Stefan Kemnitz
2025
Prompt Engineering for Nepali NER: Leveraging Hindi-Capable LLMs for Low-Resource Languages
Dipendra Yadav
|
Sumaiya Suravee
|
Stefan Kemnitz
|
Tobias Strauss
|
Kristina Yordanova
Proceedings of the 15th International Conference on Recent Advances in Natural Language Processing - Natural Language Processing in the Generative AI Era
This study provides a systematic evaluation of prompt engineering strategies for Named Entity Recognition in Nepali, a low-resource language with high similarity to Hindi, by leveraging Hindi-capable Meta’s LLaMA 3.3:70B model. Four prompting techniques—Baseline, Chain-of-Thought, Self-Refine, and Least-toMost—are assessed in both zero-shot and fewshot settings. As a novel contribution, we propose an entity-aware sentence selection strategy that prioritizes example diversity and entity coverage for few-shot prompting.
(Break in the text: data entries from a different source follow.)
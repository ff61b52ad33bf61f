//! Numbers below 2 ^ 256 in four words, the lowest first.
#![tactic(auto, unfolding(crate::specs::Value::value))]

ghost use Rattle.std.specs.Prelude.{◌≡◌, ℕ, ◌+◌, ◌*◌, ◌/◌, ◌%◌, ◌^◌, ◌<◌, ◌↔◌, IsTrue, IsFalse};
ghost use Rattle.std.specs.Int.{from_bool};
ghost use Rattle.warg_modular.specs.BigEndian.{big_endian};
ghost use Rattle.warg_modular.specs.Value.{value};

/// A number below 2 ^ 256.
#[derive(Clone, Copy)]
pub struct Words {
    pub l0: u64,
    pub l1: u64,
    pub l2: u64,
    pub l3: u64,
}

/// The sum of two words and a carry: its low word, and the carry. As a product with 1 it becomes
/// the processor's own addition with carry.
#[inline(always)]
pub fn add_with_carry(a: u64, b: u64, carry: u64) -> (u64, u64)
    ensures { result.0 + result.1 * 2 ^ 64 ≡ a + b + carry }
{
    a.carrying_mul_add(1, carry, b)
}

/// The sum modulo 2 ^ 256, and whether it passed 2 ^ 256.
#[inline(always)]
pub fn add(a: Words, b: Words) -> (Words, bool)
    ensures total { value result.0 + from_bool result.1 * 2 ^ 256 ≡ value a + value b }
    ensures below { value result.0 < 2 ^ 256 }
{
    let (l0, c) = add_with_carry(a.l0, b.l0, 0);
    let (l1, c) = add_with_carry(a.l1, b.l1, c);
    let (l2, c) = add_with_carry(a.l2, b.l2, c);
    let (l3, c) = add_with_carry(a.l3, b.l3, c);
    (Words { l0, l1, l2, l3 }, c != 0)
}

/// The difference modulo 2 ^ 256, and whether it fell below 0: `a` and the complement of `b` are
/// added, and 1.
#[inline(always)]
pub fn sub(a: Words, b: Words) -> (Words, bool)
    ensures total { value result.0 + value b ≡ value a + from_bool result.1 * 2 ^ 256 }
    ensures below { (value result.0 < 2 ^ 256) × (value a < 2 ^ 256) × (value b < 2 ^ 256) }
{
    let (l0, c) = add_with_carry(a.l0, !b.l0, 1);
    let (l1, c) = add_with_carry(a.l1, !b.l1, c);
    let (l2, c) = add_with_carry(a.l2, !b.l2, c);
    let (l3, c) = add_with_carry(a.l3, !b.l3, c);
    (Words { l0, l1, l2, l3 }, c == 0)
}

// The first where `choice` is true, and else the second, by a move and not by a branch.
#[inline(always)]
fn select_word(choice: bool, a: u64, b: u64) -> u64
    ensures first { IsTrue choice → result ≡ a }
    ensures second { IsFalse choice → result ≡ b }
{
    if choice { a } else { b }
}

/// The first where `choice` is true, and else the second, without a branch.
#[inline(always)]
pub fn select(choice: bool, a: Words, b: Words) -> Words
    ensures first { IsTrue choice → result ≡ a }
    ensures second { IsFalse choice → result ≡ b }
{
    Words {
        l0: select_word(choice, a.l0, b.l0),
        l1: select_word(choice, a.l1, b.l1),
        l2: select_word(choice, a.l2, b.l2),
        l3: select_word(choice, a.l3, b.l3),
    }
}

/// Whether the first is below the second.
#[inline(always)]
pub fn is_less(a: Words, b: Words) -> bool
    ensures { IsTrue result ↔ (value a < value b) }
{
    let (_, is_below) = sub(a, b);
    is_below
}

/// Whether the number is 0.
#[inline(always)]
pub fn is_zero(a: Words) -> bool
    ensures { IsTrue result ↔ (value a ≡ 0) }
{
    a.l0 == 0 && a.l1 == 0 && a.l2 == 0 && a.l3 == 0
}

/// Whether the two are one number.
#[inline(always)]
pub fn is_equal(a: Words, b: Words) -> bool
    ensures { IsTrue result ↔ (value a ≡ value b) }
{
    a.l0 == b.l0 && a.l1 == b.l1 && a.l2 == b.l2 && a.l3 == b.l3
}

/// Whether the bit `i` is set, the lowest being 0.
#[inline(always)]
pub fn bit(a: Words, i: u32) -> bool
    requires { i < 256 }
    ensures { IsTrue result ↔ ((value a / 2 ^ i) % 2 ≡ 1) }
{
    let Words { l0, l1, l2, l3 } = a;
    if i < 64 {
        return (l0 >> i) % 2 == 1;
    }
    if i < 128 {
        return (l1 >> (i - 64)) % 2 == 1;
    }
    if i < 192 {
        return (l2 >> (i - 128)) % 2 == 1;
    }
    (l3 >> (i - 192)) % 2 == 1
}

/// The number that the bytes write, the highest first, modulo 2 ^ 256 (SEC 1, 2.3.8).
pub fn from_be_bytes(bytes: &[u8]) -> Words
    ensures { value result ≡ big_endian bytes.now % 2 ^ 256 }
{
    let mut a = Words {
        l0: 0,
        l1: 0,
        l2: 0,
        l3: 0,
    };
    for b in bytes {
        a = shifted_in(a, *b);
    }
    a
}

// a * 256 + b modulo 2 ^ 256.
#[inline(always)]
fn shifted_in(a: Words, b: u8) -> Words
    ensures { value result ≡ (value a * 256 + b) % 2 ^ 256 }
{
    let (l0, c0) = a.l0.carrying_mul_add(256, b as u64, 0);
    let (l1, c1) = a.l1.carrying_mul_add(256, c0, 0);
    let (l2, c2) = a.l2.carrying_mul_add(256, c1, 0);
    let (l3, _) = a.l3.carrying_mul_add(256, c2, 0);
    Words { l0, l1, l2, l3 }
}

// Half of a word, with the lowest bit of the word above it.
#[inline(always)]
fn half_word(low: u64, above: u64) -> u64
    ensures { result ≡ low / 2 + above % 2 * 2 ^ 63 }
{
    low / 2 + above % 2 * 0x8000_0000_0000_0000
}

/// Half of a number with a bit above it, rounded down.
#[inline(always)]
pub fn half(a: Words, top: bool) -> Words
    ensures { value result ≡ (value a + from_bool top * 2 ^ 256) / 2 }
{
    Words {
        l0: half_word(a.l0, a.l1),
        l1: half_word(a.l1, a.l2),
        l2: half_word(a.l2, a.l3),
        l3: half_word(a.l3, top as u64),
    }
}

/// Whether the number is even.
#[inline(always)]
pub fn is_even(a: Words) -> bool
    ensures { IsTrue result ↔ (value a % 2 ≡ 0) }
{
    a.l0 % 2 == 0
}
Experimental results show that, without Nepali examples, zero-shot and one-shot prompts frequently yield unstructured or hallucinated outputs, underscoring the limitations of cross-lingual capabilities without in-context supervision. However, including even a small number of carefully selected Nepali examples—sometimes as few as ten—substantially enhances model performance, with the Least-to-Most approach achieving the highest F1 scores. These findings highlight the potential of prompt-based adaptation and principled example curation for extending LLM capabilities to related, low-resource languages, offering a practical alternative to full model fine-tuning.